I was passed up all four buckets in succession. After they were all emptied, I was given the long pole and told to agitate the water as though churning butter. I’d never used a churn before, but I’d seen it done on TV.

We each took a turn mixing the concoction, and then we each took another turn.

I was afraid that the deer would lick the foul substance from the sides of the cistern, but they did not. They kept up their running, though more slowly after a while.

After a couple hours of churning, Juan climbed up the ladder to examine our work. He nodded and told us to pass up the buckets one at a time. He filled each one and passed them back down to us.

We carried the buckets to the upper clearing, spilling a good deal along the way. Juan led us to a spot near the edge of the plateau. He took from his pouch a tiny seed and a small twig, maybe eight inches long. He poked a hole in the soft earth and dropped in the seed. Then he stuck the twig in the ground to mark the planting.

“Keep pouring until I tell you to stop.”

It was hard work carrying buckets of water from the lower to the upper clearing. While we did, Bones planted more seeds and marked them. Each seed was planted about fifteen feet from its nearest neighbor. After about two hours we’d poured twelve buckets of water on each seed.

“Aren’t we going to drown them?” Gerin Reed asked.

“Can you drown a mackerel with the sea?” Thrombone replied.

A half-moon crowned the night by the time we were through. Bones had made a fire that was hot and bright from some tarlike substance that I didn’t recognize. We were all glad to sit after our exertions of the day.

“I have your salaries, gentlemen,” Bones announced.

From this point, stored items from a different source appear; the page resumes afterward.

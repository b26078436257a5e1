//! How is a table closed, what is left of it, and why may a close be refused? As of the table whose callers wait: see
//! `src/closing.rt` of `lt_table_core`, and `IsClosed` in `specs/Closed.antt` of `lt_walk`.
//!
//! A close owns the table, so no caller is in a shard. It takes the shards out of their slots, and one pass meets each.
ghost use Rattle.std.specs.Prelude.{◌≡◌, ◌≢◌, ◌≤◌, ◌<◌, ◌+◌, ◌^◌, ℕ, [], true, map, length, slice_index_or, vec_capacity, IfOk, IfErr, IfSome, IfNone, OnOk, OnSome};
ghost use Rattle.std.specs.List.{All};
ghost use Rattle.lt_shard.specs.Shards.{View};
ghost use Rattle.lt_words.specs.Row.{SeesMore};
ghost use Rattle.lt_walk.specs.Closed.{passes_of, AreCounted, IsMiscount, IsEnded, AreEnded, IsClosed, IsClosedRest, AreRestsOf, AreWhole, IsRoomFor, IsUnclosed, IsGivenBack};
ghost use Rattle.lt_try.specs.Tags.{IsPlaced, IsTagged, ArePlaced, AreTags};

use crate::error::TryError;
use crate::slot::ShardSlot;
use crate::table::TryTable;
use lt_entry::Entry;
use lt_rules::KeyTable;
use lt_shard::{EmptyTables, Rest, Shard};
use lt_walk::{
    CloseError, ClosedTable, Guard, Histories, Rests, Wanted, abandon_guards, all_passes,
    into_histories, is_counted, learn_all,
};
use lt_words::{Book, Pass, Waker, abandon_all};
use std::alloc::{AllocError, Global};

/// A table that was not closed: the table, the passes and the guards come back as they were.
pub struct TryCloseRefused<T: KeyTable, M: EmptyTables<T>, W: Waker = ()> {
    pub table: TryTable<T, M, W>,
    pub passes: Vec<Pass>,
    pub guards: Vec<Guard>,
    pub error: CloseError,
}

impl<T: KeyTable + Drop, M: EmptyTables<T> + Drop, W: Waker + Drop> TryCloseRefused<T, M, W> {
    /// Gives up the table with its passes and guards.
    pub fn abandon(self) {
        let TryCloseRefused {
            table: _,
            passes,
            guards,
            error: _,
        } = self;
        abandon_all(passes);
        abandon_guards(guards);
    }
}

/// Takes the shards out of their slots, in order, and leaves empty ones there. `shards` is empty and has room for them.
/// `None` if somebody is in a shard.
fn shards_of<T: KeyTable + Drop, M: EmptyTables<T>>(
    alloc: Global,
    book: &Book,
    tables: &M,
    slots: &[ShardSlot<T>],
    max_steps: u64,
    mut shards: Vec<Shard<T>>,
) -> Option<Vec<Shard<T>>>
    requires many { length slots.now ≡ book.now.shards }
    requires tags { AreTags book.now max_steps slots.now }
    requires low { 1 ≤ max_steps }
    requires high { max_steps ≤ 2 ^ 32 }
    requires empty { shards.items ≡ [] }
    requires room { length slots.now ≤ vec_capacity shards }
    ensures many { IfSome result (λ all. length all.items ≡ length slots.now) }
    ensures each { IfSome result (λ all. ArePlaced book.now max_steps all.items) }
{
    for index in 0..slots.len() {
        let empty = Shard::new(alloc, tables.empty_table(), book, index, max_steps);
        let shard = slots[index].replace(empty)?;
        shards.push_reserved(shard);
    }
    Some(shards)
}

/// Puts each shard back into its slot. False if somebody is in a shard.
fn put_back<T: KeyTable + Drop>(
    book: &Book,
    slots: &[ShardSlot<T>],
    max_steps: u64,
    mut shards: Vec<Shard<T>>,
) -> bool
    requires many { length shards.items ≡ length slots.now }
    requires tags { AreTags book.now max_steps slots.now }
    requires placed { ArePlaced book.now max_steps shards.items }
{
    while let Some(shard) = shards.pop() {
        if slots[shards.len()].replace(shard).is_none() {
            return false;
        }
    }
    true
}

/// Names the first shard that is not counted in the sense of `is_counted`.
fn count_fault<T: KeyTable>(
    book: &Book,
    shards: &[Shard<T>],
    wanted: Wanted,
    passes: &[Pass],
    guards: &[Guard],
) -> Option<CloseError>
    requires many { length shards.now ≡ book.now.shards }
    requires passes { All (λ p. p.of ≡ book.now) passes.now }
    requires guards { All (λ g. g.pass.of ≡ book.now) guards.now }
    ensures none { IfNone result (AreCounted wanted (passes_of passes.now guards.now) shards.now book.now.shards) }
    ensures some { IfSome result (IsMiscount wanted (passes_of passes.now guards.now) shards.now) }
{
    for index in 0..shards.len() {
        if !is_counted(&shards[index], index, wanted, passes, guards) {
            return Some(CloseError::Counts(index));
        }
    }
    None
}

/// Lets the pass meet the shard, and returns what is left of the shard. `None` if the shard was lost.
fn end_shard<T: KeyTable + Drop>(book: &Book, mut shard: Shard<T>, last: &mut Pass) -> Option<Rest>
    requires book { shard.front.of ≡ book.now }
    requires pass { last.old.of ≡ book.now }
    ensures ended { IfSome result (IsEnded book.now last.old last.new shard.index shard) }
    ensures more { SeesMore last.old last.new }
{
    if !shard.meet_once(book, last) {
        return None;
    }
    Some(shard.into_rest())
}

/// Lets the pass meet each shard, and returns what is left of each. `None` if a shard was lost.
fn end_shards<T: KeyTable + Drop>(
    book: &Book,
    shards: Vec<Shard<T>>,
    max_steps: u64,
    last: &mut Pass,
    mut rests: Vec<Rest>,
) -> Option<Vec<Rest>>
    requires placed { ArePlaced book.now max_steps shards.items }
    requires pass { last.old.of ≡ book.now }
    requires empty { rests.items ≡ [] }
    requires room { length shards.items ≤ vec_capacity rests }
    ensures ended { IfSome result (λ all. AreEnded book.now last.old last.new shards.items all.items) }
    ensures more { SeesMore last.old last.new }
{
    for shard in shards {
        let rest = end_shard(book, shard, last)?;
        rests.push_reserved(rest);
    }
    Some(rests)
}

/// Room for the shards, for what is left of them, and for their histories.
#[derive(Drop)]
struct EndingRoom<T: KeyTable> {
    shards: Vec<Shard<T>>,
    rests: Vec<Rest>,
    histories: Vec<Vec<Entry>>,
}

/// Allocates that room, and room in `passes` for the passes of so many guards.
fn take_room<T: KeyTable + Drop>(
    alloc: Global,
    shards: usize,
    passes: &mut Vec<Pass>,
    guards: usize,
) -> Result<EndingRoom<T>, CloseError>
    ensures shards { IfOk result (λ room. IsRoomFor shards room.shards) }
    ensures rests { IfOk result (λ room. IsRoomFor shards room.rests) }
    ensures histories { IfOk result (λ room. IsRoomFor shards room.histories) }
    ensures passes { passes.new.items ≡ passes.old.items }
    ensures guards { OnOk result (length passes.old.items + guards ≤ vec_capacity passes.new) }
    ensures refused { IfErr result (λ e. e ≡ CloseError.Memory) }
{
    passes.reserve(guards)?;
    Ok(EndingRoom {
        shards: Vec::with_capacity(alloc, shards)?,
        rests: Vec::with_capacity(alloc, shards)?,
        histories: Vec::with_capacity(alloc, shards)?,
    })
}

During that whole day of work not one real discussion occurred between us. There was no feeling between us. Just separate bodies and solitary minds going through the motions of our lives. No one knew what we were doing there, or anywhere.

Then Juan Thrombone produced four small tree-cloth pouches from his larger one. He handed us each a pouch.

Inside mine I found a small dark stone that was cold and slightly moist to the touch. An orange lichen or fungus of some sort was growing along one side.

“A drop or two of water each week and keep it in the pouch. When the moss covers the whole of the stone, scrape it into a bottle of water and let it sit for at least a year.” He pulled out his canteen made from hide and continued, “And then this strong brew have you.”

He passed the bottle around, admonishing us to take only a mouthful. He needn’t have bothered with the warning, though. It had to be at least 150 proof. It was so potent that I had a hard time keeping it down.